The Berlin Turnpike begins at a fork interchange between Route 15, which continues south as the controlled-access Wilbur Cross Parkway, and US 5, which continues south as a local road named Broad Street. The turnpike is the only segment of Route 15 that is not a freeway, as it is an arterial road with multiple at-grade intersections, some with traffic lights, as well as businesses on both sides of the road. The turnpike has grade-separated interchange with Route 9 and Route 372 in Berlin, as well as Route 175 on the border between Newington and Wethersfield.

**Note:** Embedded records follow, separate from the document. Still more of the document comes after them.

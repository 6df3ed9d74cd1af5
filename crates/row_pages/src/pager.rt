//! A disk, with the pages of it that are kept in memory.

ghost use Rattle.std.specs.Prelude.{◌≡◌, ◌≤◌, ◌+◌, [], IsTrue, IfOk, length};
ghost use Rattle.std.specs.Borrow.{sem};
ghost use Rattle.std.specs.Io.BufRead.{Rests};
ghost use Rattle.drda_words.specs.Place.{part};
ghost use Rattle.drda_disk.specs.Disk.{Stays};
ghost use Rattle.drda_disk.specs.Layout.{page_bytes};
ghost use Rattle.row_pages.specs.Page.{IsPage};
ghost use Rattle.row_pages.specs.Keeping.{CountsPageFault, TellsDamage};

use crate::cache::PageCache;
use crate::judged::JudgedPage;
use crate::kept::{KeptPage, PageFault};
use drda_disk::{Disk, DiskFault, Flushed, Flusher};
use row_values::Schema;
use std::alloc::Global;
use std::marker::Model;
use std::sync::Arc;

/// A disk that is lent as one with the pages of it that are kept in memory: each of these is what the disk
/// reads. It is a disk itself, and a write through it lets go of what is kept where it writes. Contracts see
/// it as the disk.
#[derive(Drop)]
pub struct Pager<D: Disk> {
    disk: D,
    cache: PageCache,
}

impl<D: Disk> Model for Pager<D> {
    ghost use Rattle.std.specs.Prelude.{IsTrue};
    ghost use Rattle.row_pages.specs.Keeping.{AreRead};

    ghost Value = { D };

    ghost view = { λ p. p.disk };

    ghost invariant = { λ p. IsTrue D.is_modelled → AreRead p.cache (D.life p.disk).seen };
}

impl<D: Disk> Pager<D> {
    ghost use Rattle.row_pages.specs.contracts.pager.Pager.{the_row};

    /// A disk, with a cache that has no pages yet.
    pub fn over(disk: D, cache: PageCache) -> Pager<D>
        requires { cache ≡ [] }
        ensures { result ≡ disk }
    {
        Pager { disk, cache }
    }

    /// The disk, to be looked at.
    pub fn disk(&self) -> &D
        ensures { result.now ≡ self.now }
    {
        &self.disk
    }

    /// The disk, without the pages that were kept.
    pub fn into_disk(self) -> D
        ensures { result ≡ self }
    {
        let Pager { disk, cache: _ } = self;
        disk
    }

    /// The page at an offset, as the disk reads now; it is read where it is not kept. The range lies inside
    /// the disk. `Damaged` is told only where the bytes there are no page.
    pub fn page<'s>(&'s mut self, alloc: Global, at: usize) -> Result<&'s KeptPage, PageFault>
        requires { at + page_bytes ≤ length (D.life self.old).seen }
        ensures* after { sem 𝓛 (Rests (the_row D.row D.Disk) self.entry (λ now. Stays (D.life self.old) (D.life now) × CountsPageFault result (D.life self.old).faults (D.life now).faults)) }
        ensures page { IsTrue D.is_modelled → IfOk result (λ page. IsPage page.now (part (D.life self.old).seen at page_bytes)) }
        ensures damaged { IsTrue D.is_modelled → TellsDamage (part (D.life self.old).seen at page_bytes) result }
    {
        match self.cache.fetch(alloc, &mut self.disk, at) {
            Ok(()) => Ok(self.cache.kept(at).page()),
            Err(fault) => Err(fault),
        }
    }

    /// The same page, judged by a schema where there is one. A page that carries the schema's mark already
    /// is not judged again.
    pub fn judged_page<'s>(
        &'s mut self,
        alloc: Global,
        at: usize,
        by: Option<&Arc<Schema, Global>>,
    ) -> Result<&'s JudgedPage, PageFault>
        requires { at + page_bytes ≤ length (D.life self.old).seen }
        ensures* after { sem 𝓛 (Rests (the_row D.row D.Disk) self.entry (λ now. Stays (D.life self.old) (D.life now) × CountsPageFault result (D.life self.old).faults (D.life now).faults)) }
        ensures page { IsTrue D.is_modelled → IfOk result (λ page. IsPage page.now (part (D.life self.old).seen at page_bytes)) }
        ensures damaged { IsTrue D.is_modelled → TellsDamage (part (D.life self.old).seen at page_bytes) result }
    {
        match self.cache.fetch(alloc, &mut self.disk, at) {
            Ok(()) => {
                self.cache.judge(at, by);
                Ok(self.cache.kept(at))
            }
            Err(fault) => Err(fault),
        }
    }

    /// Keeps no page from now on. Takes no memory.
    pub fn forget(&mut self)
        ensures { self.new ≡ self.old }
    {
        self.cache.clear();
    }
}

impl<D: Disk> Disk for Pager<D> {
    ghost is_modelled = { D.is_modelled };

    ghost life = { D.life };

    ghost reads = { D.reads };

    ghost writes = { D.writes };

    ghost syncs = { D.syncs };

    ghost read_is_image = { D.read_is_image };

    ghost now_counts = { D.now_counts };

    fn size(&self) -> usize {
        self.disk.size()
    }

    fn failures(&self) -> u64 {
        self.disk.failures()
    }

    fn read_at(&mut self, at: usize, into: &mut [u8]) -> Result<(), DiskFault> {
        self.disk.read_at(at, into)
    }

    /// Pages that are kept where it writes are let go of first, by `PageCache::keep_apart`.
    fn write_at(&mut self, at: usize, bytes: &[u8]) -> Result<(), DiskFault> {
        self.cache.keep_apart(at, bytes.len());
        self.disk.write_at(at, bytes)
    }

    fn sync(&mut self) -> Result<(), DiskFault> {
        self.disk.sync()
    }

    fn flusher(&self) -> Flusher {
        self.disk.flusher()
    }

    fn settle(&mut self, flushed: Flushed) -> Result<(), DiskFault> {
        self.disk.settle(flushed)
    }

    ghost allows = { D.allows };

    fn write_early(&mut self, at: usize, byte: u8) -> Result<bool, DiskFault> {
        self.disk.write_early(at, byte)
    }
}
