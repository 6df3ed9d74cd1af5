//! Whether the rows of a page are those of a schema, judged where they lie: no memory is taken.

ghost use Rattle.std.specs.Prelude.{◌≡◌, IfSome, IsTrue, option_map};
ghost use Rattle.std.specs.List.{AllByRecursion};
ghost use Rattle.drda_words.specs.Bytes.{AreBytes};
ghost use Rattle.row_values.specs.RowView.{row_in, schema_in};
ghost use Rattle.row_pages.specs.Judging.{comes_before, do_rise as may_rise, is_behind as comes_behind};

use crate::kept::KeptPage;
use row_values::{RowRef, Schema};
use std::cmp::Ordering;

/// Whether the rows of the page are rows of the schema whose keys rise.
pub(crate) fn do_rise(schema: &Schema, page: &KeptPage) -> bool
    ensures rise { result ≡ may_rise schema.now page.now.rows }
    ensures bytes { IsTrue result → AllByRecursion AreBytes page.now.rows }
{
    let mut last: Option<RowRef<'_>> = None;
    for i in 0..page.len() {
        let bytes = page.row(i);
        are_bytes(bytes);
        let Ok(row) = RowRef::parse(schema, bytes) else {
            return false;
        };
        if !is_behind(&last, &row) {
            return false;
        }
        last = Some(row);
    }
    true
}

// What a slice of bytes is, for clauses.
#[inline(always)]
fn are_bytes(bytes: &[u8])
    ensures { AreBytes bytes.now }
{}

/// Whether a row comes behind the last one, where there is one.
#[inline(always)]
pub fn is_behind(last: &Option<RowRef<'_>>, row: &RowRef<'_>) -> bool
    requires { IfSome last.now (λ last. schema_in last ≡ schema_in row.now) }
    ensures { result ≡ comes_behind (schema_in row.now) (option_map row_in last.now) (row_in row.now) }
{
    match last {
        Some(last) => comes_before(last, row),
        None => true,
    }
}

// Whether the first of two rows of one schema has the key that comes first.
#[inline(always)]
fn comes_before(first: &RowRef<'_>, second: &RowRef<'_>) -> bool
    requires { schema_in first.now ≡ schema_in second.now }
    ensures { result ≡ comes_before (schema_in second.now) (row_in first.now) (row_in second.now) }
{
    for place in second.schema().key() {
        let place = usize::from(*place);
        match first.column(place).order(&second.column(place)) {
            Ordering::Less => return true,
            Ordering::Greater => return false,
            Ordering::Equal => {}
        }
    }
    false
}

/// Whether two schemas are the same one.
pub(crate) fn are_same(first: &Schema, second: &Schema) -> bool
    ensures { IsTrue result → first.now ≡ second.now }
{
    first.columns() == second.columns() && first.key() == second.key()
}
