//! A page that is being filled.

ghost use Rattle.std.specs.Prelude.{◌≡◌, ◌≤◌, ◌+◌, ◌-◌, ◌++◌, [], IfOk, OnErr, drop, length, replicate, vec_capacity};
ghost use Rattle.drda_disk.specs.Layout.{page_bytes};
ghost use Rattle.row_pages.specs.Page.{Fits, IsPage, rows_bytes};
ghost use Rattle.row_pages.specs.Filling.{Pushes};
ghost use Rattle.row_pages.specs.Laying.{IsShort, Lays};

use crate::kept::KeptPage;
use crate::page::{HEADER_BYTES, PageKind};
use drda_disk::PAGE_BYTES;
use std::alloc::{AllocError, Global};
use std::marker::Model;
use std::mem;

/// What became of a row that was pushed.
#[derive(Clone, Copy, Debug, PartialEq, Eq)]
pub enum Pushed {
    /// It is the page's last row now.
    Added,
    /// The page has no room for it, and is as it was.
    Full,
}

/// A page that is being filled. Contracts see it as its kind and its rows so far.
#[derive(Drop)]
pub struct PageBuilder {
    kind: PageKind,
    count: usize,
    bytes: Vec<u8>,
}

impl Model for PageBuilder {
    ghost use Rattle.std.specs.Prelude.{drop};
    ghost use Rattle.row_pages.specs.Page.{Page};
    ghost use Rattle.row_pages.specs.Reading.{rows_in};
    ghost use Rattle.row_pages.specs.Filling.{IsFilled};

    ghost Value = { Page };

    ghost view = { λ b. record { kind = b.kind; rows = rows_in b.count (drop 3 b.bytes.items) } };

    ghost invariant = { λ b. IsFilled b.count b.bytes };
}

/// Adds bytes for which there is room.
fn put(bytes: &mut Vec<u8>, more: &[u8])
    requires { length bytes.old.items + length more.now ≤ vec_capacity bytes.old }
    ensures items { bytes.new.items ≡ bytes.old.items ++ more.now }
    ensures capacity { vec_capacity bytes.old ≤ vec_capacity bytes.new }
{
    let _ = bytes.extend_from_slice(more);
}

/// Adds zeros up to a length for which there is room.
fn pad(bytes: &mut Vec<u8>, to: usize)
    requires longer { length bytes.old.items ≤ to }
    requires room { to ≤ vec_capacity bytes.old }
    ensures { bytes.new.items ≡ bytes.old.items ++ replicate (to - length bytes.old.items) 0 }
{
    for _ in bytes.len()..to {
        put(bytes, &[0]);
    }
}

/// Writes the head of a page over the places that were left for it.
fn set_head(bytes: &mut [u8], head: &[u8; 3])
    requires { 3 ≤ length bytes.old }
    ensures { bytes.new ≡ head.now ++ drop 3 bytes.old }
{
    bytes[..HEADER_BYTES].copy_from_slice(head);
}

impl PageBuilder {
    /// A page without rows. All of its memory is taken here.
    pub fn new(alloc: Global, kind: PageKind) -> Result<PageBuilder, AllocError>
        ensures { IfOk result (λ page. page ≡ record { kind = kind; rows = [] }) }
    {
        let mut bytes = Vec::with_capacity(alloc, PAGE_BYTES)?;
        put(&mut bytes, &[0, 0, 0]);
        Ok(PageBuilder {
            kind,
            count: 0,
            bytes,
        })
    }

    /// Puts a row behind the others: `Full` exactly where all of them do not fit into a page, which
    /// then is as it was.
    pub fn try_push(&mut self, row: &[u8]) -> Pushed
        ensures { Pushes row.now self.old result self.new }
    {
        if row.len() > PAGE_BYTES - HEADER_BYTES - 2
            || self.bytes.len() + 2 + row.len() > PAGE_BYTES
        {
            return Pushed::Full;
        }
        put(&mut self.bytes, &(row.len() as u16).to_be_bytes());
        put(&mut self.bytes, row);
        self.count += 1;
        Pushed::Added
    }

    /// Lays a row behind the others, or, where it does not fit, first into a new page; then the
    /// bytes of the page before are given out. A page of rows without any is filled so that it ends
    /// only where the next row does not fit. Out of memory: the page is as it was.
    pub fn lay(&mut self, alloc: Global, row: &[u8]) -> Result<Option<Vec<u8>>, AllocError>
        requires { IsShort row.now }
        ensures ok { IfOk result (λ given. Lays row.now self.old given self.new) }
        ensures err { OnErr result (self.new ≡ self.old) }
    {
        match self.try_push(row) {
            Pushed::Added => Ok(None),
            Pushed::Full => {
                let mut next = PageBuilder::new(alloc, self.kind)?;
                next.try_push(row);
                let full = mem::replace(self, next);
                Ok(Some(full.finish()))
            }
        }
    }

    /// How many bytes the page has left. A row takes its own, and two for its length.
    pub fn room(&self) -> usize
        ensures { 3 + length (rows_bytes self.now.rows) + result ≡ page_bytes }
    {
        PAGE_BYTES - self.bytes.len()
    }

    /// Goes on with a page that is there, in place of the one that is being filled, which is given out:
    /// the rows of that page are those of this one then, and its kind stays. Takes no memory.
    pub fn replace(&mut self, page: KeptPage) -> PageBuilder
        ensures former { result ≡ self.old }
        ensures page { self.new ≡ record { kind = self.old.kind; rows = page.rows } }
        ensures fits { Fits page.rows }
    {
        let (count, bytes) = page.into_filled();
        let kind = self.kind;
        mem::replace(self, PageBuilder { kind, count, bytes })
    }

    /// The bytes of the page, 8,192 of them. Takes no memory.
    pub fn finish(self) -> Vec<u8>
        ensures page { IsPage self result.items }
        ensures bytes { length result.items ≡ page_bytes }
    {
        let PageBuilder {
            kind,
            count,
            mut bytes,
        } = self;
        pad(&mut bytes, PAGE_BYTES);
        let [high, low] = (count as u16).to_be_bytes();
        set_head(&mut bytes, &[kind.code(), high, low]);
        bytes
    }
}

In Wethersfield, US 5 and Route 15 leave the turnpike for the controlled-access Wilbur Cross Highway heading towards Hartford. This is the western terminus of Route 314, which takes a right turn onto Jordan Lane soon after to actually proceed in the eastbound direction. From Jordan Lane to the city line, the turnpike is unsigned SR 543. At the city line, the road becomes Maple Avenue and continues north towards Downtown Hartford.

===Speeding issues===
The long straight trajectory of the Berlin Turnpike has allowed it to become prone to excessive speeding and deadly accidents. In June 2007, a driver was clocked driving at a speed of 97 mph, despite a posted speed limit of 50 mph.

==History==

The Hartford and New Haven Turnpike was a toll road chartered in 1798 and built in 1798-99 to connect the cities of New Haven and Hartford in the U.S. state of Connecticut. The turnpike was built to connect the courthouses of New Haven and Hartford in as straight a route as was allowed by the terrain. Its southern terminus was at Grove Street, which forms the northern boundary of the original nine squares of New Haven. The road's straight line principle caused several intermediate town centers to be bypassed.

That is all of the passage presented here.